Work task
Only the stretch of the listing below that runs from the line with "verdict unloaded_twice ≡" through the line with "self.old → IsLoad" is to be printed, exactly and with both ends.

§ §

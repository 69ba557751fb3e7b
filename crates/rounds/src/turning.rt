//! The lanes of a round run, and storage goes home.

ghost use Rattle.std.specs.Prelude.{◌≡◌, IfOk, OnOk, map};
ghost use Rattle.lanes.specs.Lanes.{AreDone, AreReady};
ghost use Rattle.rounds.specs.TurnParts.{AreDealt, AreTurned, SomeDealt};
ghost use Rattle.rounds.specs.Turns.{IsAt, IsDealt, IsTurned, Turn};

use crate::Desk;
use crate::dealing::Dealt;
use homing::bring_home;
use lanes::run_lanes;
use module_area::Entry;
use reclaim::{Locked, ModuleList};
use round_worker::{Gate, Worker};
use std::alloc::AllocError;
use std::marker::Brand;
use std::sync::Wait;
use std::thread::Threads;
use tag_rule::{CpuSeat, Name};
use trace::OnOp;

/// A desk behind a round's lanes, with the modules as the round leaves them.
#[derive(Drop)]
pub(crate) struct Turned {
    pub desk: Desk,
    pub known: Vec<Entry>,
}

impl Dealt {
    /// Each worker takes its lane beside the others; then storage goes home.
    pub(crate) fn turn<R: Threads + Wait + Sync, G: Gate + Sync>(
        self,
        rt: &R,
        gate: &G,
    ) -> Result<Turned, AllocError>
        requires { IsAt IsDealt self }
        ensures { (t : Turn) → IsDealt t self → IfOk result (IsTurned t) }
    {
        let Dealt {
            mut desk,
            lanes,
            known,
        } = self;
        desk.locked = turn_lanes(
            rt,
            gate,
            desk.locked,
            lanes.as_slice(),
            desk.workers.as_mut_slice(),
            desk.cpus.as_mut_slice(),
        )?;
        Ok(Turned { desk, known })
    }
}

// The lanes run, each on the CPU of its worker, and storage goes home.
fn turn_lanes<R: Threads + Wait + Sync, G: Gate + Sync>(
    rt: &R,
    gate: &G,
    locked: Locked,
    lanes: &[Vec<OnOp>],
    workers: &mut [Worker],
    cpus: &mut [CpuSeat],
) -> Result<Locked, AllocError>
    requires dealt { SomeDealt (map (λ lane. lane.items) lanes.now) workers.old cpus.old }
    ensures board { IfOk result (λ after. after.board ≡ locked.board) }
    ensures turned { (t : Turn) → AreDealt t (map (λ lane. lane.items) lanes.now) workers.old cpus.old → OnOk result (AreTurned t workers.new cpus.old cpus.new) }
{
    let first = &mut cpus[..workers.len()];
    let locked = run_named::<Brand, R, G>(rt, locked, gate, lanes, workers, first)?;
    bring_home(workers, first);
    Ok(locked)
}

// The lanes run with the module list behind its lock, of a table that has a name.
fn run_named<N: Name + Send + Sync, R: Threads + Wait + Sync, G: Gate + Sync>(
    rt: &R,
    locked: Locked,
    gate: &G,
    lanes: &[Vec<OnOp>],
    workers: &mut [Worker],
    cpus: &mut [CpuSeat],
) -> Result<Locked, AllocError>
    requires named { locked.board ≡ N.board }
    requires ready { AreReady (map (λ lane. lane.items) lanes.now) workers.old cpus.old }
    ensures board { IfOk result (λ after. after.board ≡ locked.board) }
    ensures done { OnOk result (AreDone (map (λ lane. lane.items) lanes.now) workers.old workers.new cpus.old cpus.new) }
{
    let list: ModuleList<N> = ModuleList::new(locked);
    run_lanes(rt, &list, gate, lanes, workers, cpus)?;
    Ok(list.into_locked())
}
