//! Tables of states, by number.

ghost use Rattle.std.specs.Prelude.{◌≡◌, ◌<◌, replicate, slice_index_or, slice_set, IfOk};

use std::alloc::{AllocError, Global};
use std::marker::Model;

/// So many states, by number.
#[derive(Debug, Drop)]
pub struct Table<S, const COUNT: usize> {
    states: Vec<S>,
}

impl<S, const COUNT: usize> Model for Table<S, COUNT> {
    ghost use Rattle.std.specs.Prelude.{◌≡◌, List, vec_len};

    ghost Value = { List S };

    ghost view = { λ table. table.states.items };

    ghost invariant = { λ table. vec_len table.states ≡ COUNT };
}

impl<S: Copy, const COUNT: usize> Table<S, COUNT> {
    /// Each number has the state.
    pub(crate) fn of(alloc: Global, state: S) -> Result<Table<S, COUNT>, AllocError>
        ensures { IfOk result (λ table. table ≡ replicate COUNT state) }
    {
        let mut states = Vec::new(alloc);
        states.resize(COUNT, state)?;
        Ok(Table { states })
    }

    pub(crate) fn at(&self, number: u32) -> S
        requires { number < COUNT }
        ensures { (default : S) → result ≡ slice_index_or self.now number default }
    {
        self.states[number as usize]
    }

    pub(crate) fn set(&mut self, number: u32, state: S)
        requires { number < COUNT }
        ensures { self.new ≡ slice_set self.old number state }
    {
        self.states[number as usize] = state;
    }
}
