//! What a checked trace's rounds do not do.

ghost use Rattle.std.specs.Prelude.{◌≡◌, ◌≢◌, ◌<◌, ◌+◌, ◌-◌, ℕ, List, [], ◌∷◌, true, Ok, Err, IsSome};
ghost use Rattle.input_form.specs.declared.code.Code.TheVariants as code;
ghost use Rattle.trace.specs.declared.traces.OnOp.{OnOp};
ghost use Rattle.trace.specs.declared.traces.Trace.{Trace};
ghost use Rattle.trace.specs.declared.traces.TraceOp.TheVariants as op;
ghost use Rattle.trace.specs.Formed.{IsFormedTrace};
ghost use Rattle.round_check.specs.declared.walk.Walk.{Walk};
ghost use Rattle.round_check.specs.declared.keys.KeyState.{KeyState};
ghost use Rattle.round_check.specs.declared.keys.Turn.{Turn};
ghost use Rattle.round_check.specs.Keys.{key_at, part_keys};
ghost use Rattle.round_check.specs.Rounds.{names_key, IsRound, IsLine};
ghost use Rattle.round_check.specs.Rows.{verdict, shared_and_unbound, object_and_unbound, trimmed_and_object, orders_and_trimmed, orders_differ, order_not_below, keys_past_the_last, keys_to_the_last, new_bound_and_shared, two_new_bound, split_onto_itself, pages_not_below, entered_and_busy, unloaded_and_absent, never_loaded, entered_twice, left_while_hooked, two_inside, hooked_too_deep, outside_and_deep, unhooked_twice, loaded_twice};
ghost use Rattle.round_check.specs.Rows.{both_shared, unbound_and_shared, both_unbound, both_objects, both_trimmed, shared_and_bound, split_of_shared_and_unbound, trim_of_shared_and_unbound, shared_two_lines_before, freed_in_the_next_round, trimmed_and_not_below, unloaded_and_outside, unloaded_twice, stray};
ghost use Rattle.round_check.specs.Walk.{enter_module, leave_module, unload_module, rounds_of};

/// In a round of a checked trace no two CPUs name one key, a key that is freed was bound, and a module that is
/// unloaded is neither entered nor left.
pub fn rounds_that_passed()
    ensures keys { (trace : Trace) (ops : List OnOp) (before : Walk) → IsFormedTrace trace → rounds_of trace ≡ Ok tt → IsRound trace ops before
        → (one two : OnOp) (at_one at_two : Walk) → IsLine before ops one at_one → IsLine before ops two at_two
        → (key : ℕ) → names_key at_one.keys one.op key ≡ true → names_key at_two.keys two.op key ≡ true → one.cpu ≡ two.cpu }
    ensures freed { (trace : Trace) (ops : List OnOp) (before : Walk) → IsFormedTrace trace → rounds_of trace ≡ Ok tt → IsRound trace ops before
        → (on : OnOp) (here : Walk) → IsLine before ops on here → (key : ℕ) → on.op ≡ op.Free key → IsSome (key_at here.keys key).bound }
    ensures unloaded { (trace : Trace) (ops : List OnOp) (before : Walk) → IsFormedTrace trace → rounds_of trace ≡ Ok tt → IsRound trace ops before
        → (one two : OnOp) (at_one at_two : Walk) → IsLine before ops one at_one → IsLine before ops two at_two
        → (section : ℕ) → one.op ≡ op.Unload section → (two.op ≢ op.Enter section) × (two.op ≢ op.Leave section) }
{}

/// Of lines that fail more than one check the earlier check gives the code.
pub fn refusals_in_order()
    ensures shared_key { verdict shared_and_unbound ≡ Err (3, code.SharedKey 1) }
    ensures no_key { verdict object_and_unbound ≡ Err (2, code.NoKey 2) }
    ensures kind { verdict trimmed_and_object ≡ Err (4, code.Kind 2) }
    ensures trimmed { verdict orders_and_trimmed ≡ Err (4, code.Trimmed 2) }
    ensures orders { verdict orders_differ ≡ Err (3, code.Orders) }
    ensures orders_of_split { verdict order_not_below ≡ Err (2, code.Orders) }
    ensures keys { verdict keys_past_the_last ≡ Err (2, code.Keys) }
    ensures keys_to_the_last { verdict keys_to_the_last ≡ Ok tt }
    ensures shared_new { verdict new_bound_and_shared ≡ Err (4, code.SharedKey 4) }
    ensures bound { verdict two_new_bound ≡ Err (4, code.Bound 3) }
    ensures bound_itself { verdict split_onto_itself ≡ Err (2, code.Bound 1) }
    ensures pages { verdict pages_not_below ≡ Err (3, code.Pages) }
    ensures unload_shared { verdict entered_and_busy ≡ Err (3, code.UnloadShared 1) }
    ensures unload_before { verdict unloaded_and_absent ≡ Err (3, code.UnloadShared 1) }
    ensures not_loaded { verdict never_loaded ≡ Err (2, code.NotLoaded 2) }
    ensures inside { verdict entered_twice ≡ Err (3, code.Inside 1) }
    ensures hooked { verdict left_while_hooked ≡ Err (5, code.Hooked 1) }
    ensures busy { verdict two_inside ≡ Err (4, code.Busy 2) }
    ensures deep { verdict hooked_too_deep ≡ Err (2, code.Deep) }
    ensures not_inside { verdict outside_and_deep ≡ Err (2, code.NotInside 1) }
    ensures no_hook { verdict unhooked_twice ≡ Err (3, code.NoHook) }
    ensures already_loaded { verdict loaded_twice ≡ Err (2, code.AlreadyLoaded 2) }
{}

/// The same of both keys of a swap, of a key that several lines name, and of a module that a round unloads.
pub fn refusals_of_a_line_in_order()
    ensures shared_first { verdict both_shared ≡ Err (3, code.SharedKey 1) }
    ensures shared_second { verdict unbound_and_shared ≡ Err (2, code.SharedKey 2) }
    ensures no_key_first { verdict both_unbound ≡ Err (1, code.NoKey 1) }
    ensures kind_first { verdict both_objects ≡ Err (3, code.Kind 1) }
    ensures trimmed_first { verdict both_trimmed ≡ Err (5, code.Trimmed 1) }
    ensures shared_before_bound { verdict shared_and_bound ≡ Err (2, code.SharedKey 1) }
    ensures shared_before_split { verdict split_of_shared_and_unbound ≡ Err (3, code.SharedKey 1) }
    ensures shared_before_trim { verdict trim_of_shared_and_unbound ≡ Err (3, code.SharedKey 1) }
    ensures shared_after_others { verdict shared_two_lines_before ≡ Err (3, code.SharedKey 1) }
    ensures next_round { verdict freed_in_the_next_round ≡ Ok tt }
    ensures trimmed_before_orders { verdict trimmed_and_not_below ≡ Err (3, code.Trimmed 1) }
    ensures unload_before_leave { verdict unloaded_and_outside ≡ Err (3, code.UnloadShared 1) }
    ensures unload_again { verdict unloaded_twice ≡ Err (3, code.UnloadShared 1) }
    ensures not_loaded_before_inside { enter_module (stray (1 ∷ [])) 0 1 ≡ Err (code.NotLoaded 1) }
    ensures not_loaded_before_busy { unload_module (stray (1 ∷ [])) 1 ≡ Err (code.NotLoaded 1) }
    ensures not_inside_before_hooked { leave_module (stray []) 0 1 ≡ Err (code.NotInside 1) }
    ensures past_the_last { (keys : List KeyState) (turn : Turn) (key order first count : ℕ) → 65535 < first + count - 1 → part_keys keys turn key order first count ≡ Err code.Keys }
{}
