//! A trace loads a module.

ghost use Rattle.std.specs.Prelude.{◌≡◌, IfErr, IfOk, None, OnErr, OnOk, Some};
ghost use Rattle.round_modules.specs.Meant.{code_of};
ghost use Rattle.rounds.specs.Places.{IsLoad, IsThere, LoadsNext, Place, loaded_here, machine_at, refusal_here};
ghost use Rattle.rounds.specs.Turns.{StandsAt};

use crate::Desk;
use round_modules::{LoadRefusal, load};

impl Desk {
    /// Loads the module of a section: it gets the next id, and the least start that is free.
    pub fn load(&mut self, section: u32) -> Result<(), LoadRefusal>
        requires { LoadsNext section self.old }
        ensures loaded { (p : Place) → IsThere p self.old → IsLoad section p → OnOk result (StandsAt p.board p.trace (loaded_here section p) self.new) }
        ensures allowed { (p : Place) → IsThere p self.old → (i : IsLoad section p) → IfOk result (λ done. refusal_here section p i ≡ None) }
        ensures refused { (p : Place) → IsThere p self.old → (i : IsLoad section p) → IfErr result (λ why. refusal_here section p i ≡ Some (i.line, code_of why)) }
        ensures stays { OnErr result (self.new ≡ self.old) }
    {
        load(&mut self.locked, &mut self.pass, section)?;
        Ok(())
    }
}
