//! What a step tells.

use tag_model::Kind;

/// Which op a sweep is of.
#[derive(Clone, Copy, Debug, PartialEq, Eq)]
pub enum Cause {
    Unload,
    Clean,
}

/// What a step that was taken tells.
#[derive(Clone, Copy, Debug, PartialEq, Eq)]
pub enum Event {
    Stepped,
    /// A module's range is released.
    Released {
        section: u32,
        by: Cause,
    },
    /// A module's range is kept, since the words of one of its tags don't sum up to 0.
    Kept {
        section: u32,
        index: u32,
        kind: Kind,
        sum: u64,
        by: Cause,
    },
}
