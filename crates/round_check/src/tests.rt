use super::*;
use std::alloc::Global;
use std::process::Abort;
use std::test::Fail;
use trace::{Code, TextError, read_trace};

// The body begins at line 7.
const HEAD: &[u8] =
    b"memprof-trace 1.0\nkernel\ntag mm/slub.c 1 slab\nmodule ext\ntag m/x.c 5 fx\nload ext\n";

// Why a trace is refused, by the reader or the check.
fn refusal(rt: &impl Abort, alloc: Global, text: &[u8]) -> Option<TextError> {
    assert!(rt; text.len() <= 4_194_304);
    match read_trace(alloc, text) {
        Ok(trace) => check_rounds(alloc, &trace).err(),
        Err(error) => Some(error),
    }
}

// Each body is refused at its line, with its code.
fn are_refused(rt: &impl Abort, alloc: Global, cases: &[(&[u8], u32, Code)]) -> Result<(), Fail> {
    for &(body, line, code) in cases {
        let mut text = Vec::from_slice(alloc, HEAD)?;
        text.extend_from_slice(body)?;
        let wanted = TextError::Refused { line, code };
        assert_eq!(rt; refusal(rt, alloc, &text), Some(wanted));
    }
    Ok(())
}

#[test]
fn refused_by_the_reader(rt: HostRuntime) -> Result<(), Fail> {
    let cases: [(&[u8], u32, Code); 8] = [
        (b"on 9\n", 7, Code::NoRound),
        (b"round\non 9 free\n", 8, Code::Word),
        (b"round\nprint\non 0 free 1\n", 9, Code::NoRound),
        (b"round\non 4 swap 2 2\n", 8, Code::Cpu),
        (b"round\non 3 swap 2 2\n", 8, Code::Same),
        (b"load kernel\n", 7, Code::Module),
        (b"round\non 0 page 1 11\n", 8, Code::Number),
        (b"round\ntag mm/slub.c 2 slab\n", 8, Code::Order),
    ];
    are_refused(&rt, rt.alloc(), &cases)
}

#[test]
fn refused_keys(rt: HostRuntime) -> Result<(), Fail> {
    let cases: [(&[u8], u32, Code); 7] = [
        (
            b"round\non 0 page 1 0\non 1 free 1\n",
            9,
            Code::SharedKey(1),
        ),
        (b"round\non 0 free 9\n", 8, Code::NoKey(9)),
        (b"round\non 0 page 1 0\non 0 split 1 0 2\n", 9, Code::Orders),
        (
            b"round\non 0 page 1 2\non 0 split 1 0 1\n",
            9,
            Code::Bound(1),
        ),
        (
            b"round\non 0 page 1 2\non 0 split 1 0 65534\n",
            9,
            Code::Keys,
        ),
        (
            b"round\non 0 page 1 2\non 0 trim 1 3\non 0 split 1 0 2\n",
            10,
            Code::Trimmed(1),
        ),
        (
            b"round\non 0 kmalloc 1 9000\non 0 trim 1 1\n",
            9,
            Code::Kind(1),
        ),
    ];
    are_refused(&rt, rt.alloc(), &cases)
}

#[test]
fn refused_modules_and_hooks(rt: HostRuntime) -> Result<(), Fail> {
    let cases: [(&[u8], u32, Code); 5] = [
        (
            b"round\non 0 enter ext\non 0 hook ext:0\nround\non 0 unload ext\n",
            11,
            Code::Busy(1),
        ),
        (
            b"round\non 0 enter ext\non 0 hook ext:0\non 0 leave ext\n",
            10,
            Code::Hooked(1),
        ),
        (
            b"round\non 0 enter ext\non 0 leave ext\non 0 unload ext\n",
            10,
            Code::UnloadShared(1),
        ),
        (b"load ext\n", 7, Code::AlreadyLoaded(1)),
        (
            b"round\non 0 hook kernel:0\non 0 unhook\non 0 unhook\n",
            10,
            Code::NoHook,
        ),
    ];
    are_refused(&rt, rt.alloc(), &cases)
}

// As many rounds as an input may have lines, behind rounds in which every line passes.
#[test]
fn the_most_rounds(rt: HostRuntime) -> Result<(), Fail> {
    let mut text = Vec::from_slice(rt.alloc(), HEAD)?;
    text.extend_from_slice(
        b"round\non 0 page 65535 10\non 0 split 65535 1 1\non 0 free 511\nprint\n\
        round\non 0 enter ext\non 1 page 511 0\nround\non 0 leave ext\non 2 free 511\nround\non 3 unload ext\nprint\n",
    )?;
    for _ in 20..131_072 {
        text.extend_from_slice(b"round\n")?;
    }
    assert!(rt; text.len() <= 4_194_304);
    let trace = read_trace(rt.alloc(), &text)?;
    check_rounds(rt.alloc(), &trace)?;
    Ok(())
}
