//! A run begins.

ghost use Rattle.std.specs.Prelude.{◌≡◌};
ghost use Rattle.std.specs.Arc.{arc_value};
ghost use Rattle.tag_model.specs.declared.shape.Shape as shapes;
ghost use Rattle.plant.specs.Fresh.{FitsShape, IsStarted};
ghost use Rattle.trace.specs.declared.traces.Trace.{Trace};
ghost use Rattle.trace_play.specs.Machine.{machine_of};
ghost use Rattle.rounds.specs.Turns.{StandsAt};

use crate::Desk;
use plant::Started;
use round_keys::KeyStore;
use std::alloc::Global;
use std::sync::Arc;
use tag_section::Sections;

impl Desk {
    /// The desk of a run that begins, with the sections of its trace and so many tags for modules.
    pub fn begin(
        alloc: Global,
        started: Started,
        sections: Arc<Sections, Global>,
        tags: u32,
    ) -> Desk
        ensures { (k : shapes.Shape) (trace : Trace) → (s : IsStarted k trace trace.sections started) → FitsShape k trace → arc_value sections ≡ trace.sections → tags ≡ trace.area → StandsAt s.board trace (machine_of trace) result }
    {
        let Started {
            cpus,
            workers,
            locked,
            pass,
            ..
        } = started;
        Desk {
            alloc,
            cpus,
            workers,
            keys: KeyStore::new(alloc),
            locked,
            pass,
            sections,
            tags,
        }
    }
}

§ §

Completed task
    ensures unload_again { verdict unloaded_twice ≡ Err (3, code.UnloadShared 1) }
    ensures not_loaded_before_inside { enter_module (stray (1 ∷ [])) 0 1 ≡ Err (code.NotLoaded 1) }
    ensures not_loaded_before_busy { unload_module (stray (1 ∷ [])) 1 ≡ Err (code.NotLoaded 1) }
    ensures not_inside_before_hooked { leave_module (stray []) 0 1 ≡ Err (code.NotInside 1) }
    ensures past_the_last { (keys : List KeyState) (turn : Turn) (key order first count : ℕ) → 65535 < first + count - 1 → part_keys keys turn key order first count ≡ Err code.Keys }
{}
//! A trace loads a module.

ghost use Rattle.std.specs.Prelude.{◌≡◌, IfErr, IfOk, None, OnErr, OnOk, Some};
ghost use Rattle.round_modules.specs.Meant.{code_of};
ghost use Rattle.rounds.specs.Places.{IsLoad, IsThere, LoadsNext, Place, loaded_here, machine_at, refusal_here};
ghost use Rattle.rounds.specs.Turns.{StandsAt};

use crate::Desk;
use round_modules::{LoadRefusal, load};

impl Desk {
    /// Loads the module of a section: it gets the next id, and the least start that is free.
    pub fn load(&mut self, section: u32) -> Result<(), LoadRefusal>
        requires { LoadsNext section self.old }
        ensures loaded { (p : Place) → IsThere p self.old → IsLoad section p → OnOk result (StandsAt p.board p.trace (loaded_here section p) self.new) }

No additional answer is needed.